Пилот выкрутил руль и развернул болид — теперь он смотрел прямо на меня. Жестом показав, что моей бесполезной жизни пришел конец, он выбрался из авто и направился ко мне.
— Ааа, в следующий раз я прокачу тебя на капоте. — Улыбнулась Эмма, снимая шлем и расстегивая сиреневый комбинезон.

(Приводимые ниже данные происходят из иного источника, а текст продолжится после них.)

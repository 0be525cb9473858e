//! Building scenes: a plan is carried out on a stage, whose keys and names are looked up as they come to be.
#![tactic(auto)]

mod building;
mod resolving;
mod room;

pub use building::{build_scene, take_step};
pub use room::look_for_room;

Да, это была она, а не он — мой большой друг и спутник по жизни. Несмотря на почти десятилетнюю разницу в возрасте, мы дружили на равных. Я доверяла Гонщику самое святое, а она вела меня по жизни, как Полярная звезда. Мои родители не ведали о нашей дружбе, а я практически ничего не знала об Эмме. Ни ее маму и папу, ни происхождение, ни семейного положения. Эмма, как Призрачный гонщик — возникала в момент бури, и также внезапно исчезала. Я могла жить в ее доме неделями; мы болтали ночи напролет, попивая пиво и коктейль из морошки. Самое странное, я понимала, что в случае моего отъезда мы больше никогда не встретимся. Эмма не держала телефон, принципиально. «Мой адрес знают все, кому нужно. В лишних связях я не нуждаюсь», — говорила она.

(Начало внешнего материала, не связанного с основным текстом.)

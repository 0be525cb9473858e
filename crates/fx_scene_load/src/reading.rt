//! A document piece by piece, with the documents that it includes.
ghost use Rattle.std.specs.Prelude.{ℕ, ◌≡◌, ◌≤◌, ◌<◌, ◌++◌, ◌∷◌, [], IfOk, List, OnOk, Some, drop, false, length, map, slice_get};
ghost use Rattle.std.specs.Option.{option_map};
ghost use Rattle.fx_doc.specs.Views.{reading};
ghost use Rattle.fx_port.specs.Causes.{HasCause};
ghost use Rattle.fx_port.specs.Files.{Files};
ghost use Rattle.fx_port.specs.declared.files.FetchError.TheVariants.{Failed};
ghost use Rattle.fx_scene_course.specs.Making.{AreActsDone};
ghost use Rattle.fx_scene_load.specs.Reading as spec;
ghost use Rattle.fx_scene_load.specs.Reading.{ArePiecesRead, IsDefinedRead, IsDocumentRead, IsIncludeRead, IsPieceRead, IsWantedRead};
ghost use Rattle.fx_scene_load.specs.Made.{AreDefinedRead, IsFaultKept, IsInnerRead, IsNextRead};
ghost use Rattle.fx_scene_course.specs.Views.{course_view, open_view};
ghost use Rattle.fx_scene_load.specs.Views.{desk_view};
ghost use Rattle.fx_scene_outline.specs.Pieces.{Include, Piece as PlainPiece};
ghost use Rattle.fx_scene_outline.specs.Views.{defined_shown, defined_view, head_of, piece_view, shown};
ghost use Rattle.fx_scene_read.specs.Opening.{owner_in, rank_in, rank_of, stand_at};
ghost use Rattle.fx_scene_things.specs.Known.{known, settled_view};
ghost use Rattle.fx_scene_things.specs.Settled.{settled_of};

use crate::asking::{Asked, asked_of};
use crate::desks::{Desk, copy_desk, desk_with, empty_desk};
use crate::documents::fetch_document;
use fx_base::{Place, Position, Str};
use fx_doc::{Document, Element};
use fx_kinds::Class;
use fx_load_parts::LoadError;
use fx_port::{FetchError, Shelf};
use fx_scene_acts::{Act, Doing};
use fx_scene_bindings::add_named;
use fx_scene_course::{
    Course, Open, acts_before, acts_behind, acts_between, add_class, add_fault_in, add_file,
    add_flaw, add_space, add_task, around_with, do_acts, has_id, inner_path, place_in, scope_in,
};
use fx_scene_flaws::Flaw;
use fx_scene_names::class_named;
use fx_scene_outline::{Piece, Seat, aside_outline, defined_nodes, outline};
use fx_scene_read::{Stand, add_piece, add_root_attributes, no_counts, rank_of, stand_at};
use fx_scene_things::{Named, Names, Settled};
use std::alloc::{AllocError, Global};

/// Room for what most pieces ask for.
const ROOM: usize = 8;

/// The most levels of nodes that are defined within the values of each other: documents aren't deeper.
const MOST_LEVELS: usize = 128;

/// The nodes of definitions within a piece that were read already, and how many acts of the piece are done.
#[derive(Drop)]
pub struct Progress {
    pub settled: Vec<Settled>,
    pub done: usize,
}

/// Reads a document, up to the first fault.
#[cycle(walk)]
pub(crate) fn read_whole<F: Shelf>(
    alloc: Global,
    shelf: &mut F,
    here: &Open<'_>,
    document: &Document,
    course: &mut Course,
) -> Result<(), FetchError>
    requires { length here.now.around.items ≤ 17 }
    ensures held { F.held shelf.new ≡ F.held shelf.old }
    ensures cause { HasCause Failed (F.faults shelf.old) (F.faults shelf.new) result }
    ensures done { (files : Files) → F.held shelf.old ≡ Some files → OnOk result (IsDocumentRead files
        (open_view here.now) (course_view course.old) (reading document.now) (course_view course.new)) }
{
    let pieces = outline(alloc, document)?;
    let mut desk = empty_desk(alloc);
    read_pieces(
        alloc,
        shelf,
        here,
        MOST_LEVELS,
        pieces.as_slice(),
        &mut desk,
        course,
    )?;
    Ok(add_space(course, here.file, desk.names)?)
}

/// Reads pieces with room for so many levels of definitions within values.
#[cycle(walk)]
fn read_pieces<F: Shelf>(
    alloc: Global,
    shelf: &mut F,
    here: &Open<'_>,
    room: usize,
    pieces: &[Piece<'_>],
    desk: &mut Desk,
    course: &mut Course,
) -> Result<(), FetchError>
    requires { length here.now.around.items ≤ 17 }
    ensures held { F.held shelf.new ≡ F.held shelf.old }
    ensures cause { HasCause Failed (F.faults shelf.old) (F.faults shelf.new) result }
    ensures done { (files : Files) → F.held shelf.old ≡ Some files → OnOk result (ArePiecesRead files
        (open_view here.now) room (desk_view [] desk.old) (course_view course.old) (shown pieces.now)
        (known desk.new.names) (course_view course.new)) }
{
    let mut counts = no_counts(alloc, pieces.len())?;
    for (index, piece) in pieces.iter().enumerate() {
        if course.at_fault {
            return Ok(());
        }
        let before = pieces.split_at(index).0;
        let rank = rank_of(&mut counts, before, piece);
        read_piece(alloc, shelf, here, room, before, piece, rank, desk, course)?;
    }
    Ok(())
}

#[cycle(walk)]
fn read_piece<F: Shelf>(
    alloc: Global,
    shelf: &mut F,
    here: &Open<'_>,
    room: usize,
    before: &[Piece<'_>],
    piece: &Piece<'_>,
    rank: usize,
    desk: &mut Desk,
    course: &mut Course,
) -> Result<(), FetchError>
    requires around { length here.now.around.items ≤ 17 }
    requires rank { rank ≡ rank_of (shown before.now) (piece_view piece.now) }
    ensures held { F.held shelf.new ≡ F.held shelf.old }
    ensures cause { HasCause Failed (F.faults shelf.old) (F.faults shelf.new) result }
    ensures done { (files : Files) → F.held shelf.old ≡ Some files → OnOk result (IsPieceRead files
        (open_view here.now) room (desk_view (shown before.now) desk.old) (course_view course.old)
        (piece_view piece.now) (desk_view (shown before.now ++ piece_view piece.now ∷ []) desk.new)
        (course_view course.new)) }
{
    match piece {
        Piece::Include(seat, element) => {
            read_included(
                alloc, shelf, here, before, *seat, rank, element, desk, course,
            )
        }
        _ => read_plain(alloc, shelf, here, room, before, piece, rank, desk, course),
    }
}

/// A piece that is no include: it is read up to each of the nodes in the definitions within it, and then as a whole.
#[cycle(walk)]
fn read_plain<F: Shelf>(
    alloc: Global,
    shelf: &mut F,
    here: &Open<'_>,
    room: usize,
    before: &[Piece<'_>],
    piece: &Piece<'_>,
    rank: usize,
    desk: &mut Desk,
    course: &mut Course,
) -> Result<(), FetchError>
    requires around { length here.now.around.items ≤ 17 }
    requires rank { rank ≡ rank_of (shown before.now) (piece_view piece.now) }
    requires plain { spec.is_include (piece_view piece.now) ≡ false }
    ensures held { F.held shelf.new ≡ F.held shelf.old }
    ensures cause { HasCause Failed (F.faults shelf.old) (F.faults shelf.new) result }
    ensures done { (files : Files) → F.held shelf.old ≡ Some files → OnOk result (IsPieceRead files
        (open_view here.now) room (desk_view (shown before.now) desk.old) (course_view course.old)
        (piece_view piece.now) (desk_view (shown before.now ++ piece_view piece.now ∷ []) desk.new)
        (course_view course.new)) }
{
    let node = course.classes.len();
    let defined = defined_nodes(alloc, piece)?;
    let progress = read_all_defined(
        alloc,
        shelf,
        here,
        room,
        node,
        before,
        piece,
        rank,
        defined.as_slice(),
        desk,
        course,
    )?;
    read_rest(
        alloc, shelf, here, node, before, piece, rank, progress, desk, course,
    )?;
    add_class(course, class_of(piece))?;
    Ok(push_node(desk, node)?)
}

/// The nodes in the definitions within a piece, one after another, each behind what stands before it.
#[cycle(walk)]
fn read_all_defined<F: Shelf>(
    alloc: Global,
    shelf: &mut F,
    here: &Open<'_>,
    room: usize,
    node: usize,
    before: &[Piece<'_>],
    piece: &Piece<'_>,
    rank: usize,
    defined: &[&Element],
    desk: &Desk,
    course: &mut Course,
) -> Result<Progress, FetchError>
    requires around { length here.now.around.items ≤ 17 }
    requires rank { rank ≡ rank_of (shown before.now) (piece_view piece.now) }
    ensures held { F.held shelf.new ≡ F.held shelf.old }
    ensures cause { HasCause Failed (F.faults shelf.old) (F.faults shelf.new) result }
    ensures done { (files : Files) → F.held shelf.old ≡ Some files → IfOk result (λ progress. AreDefinedRead files
        (open_view here.now) room (desk_view (shown before.now) desk.now) node (piece_view piece.now)
        (defined_shown defined.now) (course_view course.old) (map settled_view progress.settled.items)
        progress.done (course_view course.new)) }
{
    let mut progress = Progress {
        settled: Vec::new(alloc),
        done: 0,
    };
    for element in defined {
        read_next_defined(
            alloc,
            shelf,
            here,
            room,
            node,
            before,
            piece,
            rank,
            element,
            desk,
            &mut progress,
            course,
        )?;
    }
    Ok(progress)
}

/// A further node in a definition within a piece, behind what stands before it.
#[cycle(walk)]
fn read_next_defined<F: Shelf>(
    alloc: Global,
    shelf: &mut F,
    here: &Open<'_>,
    room: usize,
    node: usize,
    before: &[Piece<'_>],
    piece: &Piece<'_>,
    rank: usize,
    element: &Element,
    desk: &Desk,
    progress: &mut Progress,
    course: &mut Course,
) -> Result<(), FetchError>
    requires around { length here.now.around.items ≤ 17 }
    requires rank { rank ≡ rank_of (shown before.now) (piece_view piece.now) }
    ensures held { F.held shelf.new ≡ F.held shelf.old }
    ensures cause { HasCause Failed (F.faults shelf.old) (F.faults shelf.new) result }
    ensures done { (files : Files) → F.held shelf.old ≡ Some files → OnOk result (IsNextRead files
        (open_view here.now) room (desk_view (shown before.now) desk.now) node (piece_view piece.now)
        (defined_view element.now) (map settled_view progress.old.settled.items) progress.old.done
        (course_view course.old) (map settled_view progress.new.settled.items) progress.new.done
        (course_view course.new)) }
{
    let mut trial = copy_desk(alloc, desk)?;
    let settled = progress.settled.as_slice();
    let acts = tell_piece(alloc, here, settled, before, node, piece, rank, &mut trial)?;
    let count = acts_before(acts.as_slice());
    let acts = acts_between(alloc, acts, progress.done, count)?;
    do_acts(alloc, shelf, here, acts, course)?;
    let names = read_defined(alloc, shelf, here, room, element, trial.names, course)?;
    Ok(settle(progress, element.position, names, count)?)
}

— Я слышу эту угрозу лет десять — Я расстегнула верхнюю пуговицу светлого пальто, поправила легкий, бежевый шарф и прочертила круг носком серого, осеннего сапога. Над кронами леса за стадионом выглянуло солнце.
— Кажется, у меня не осталось времени ее исполнить? — Прищурилась Эмма.
— Да, все верно. — Кивнула я. — Уезжаю, и, похоже, надолго. Работа.
— Ну, что же. В добрый путь. — Эмма потрепала светлую косичку.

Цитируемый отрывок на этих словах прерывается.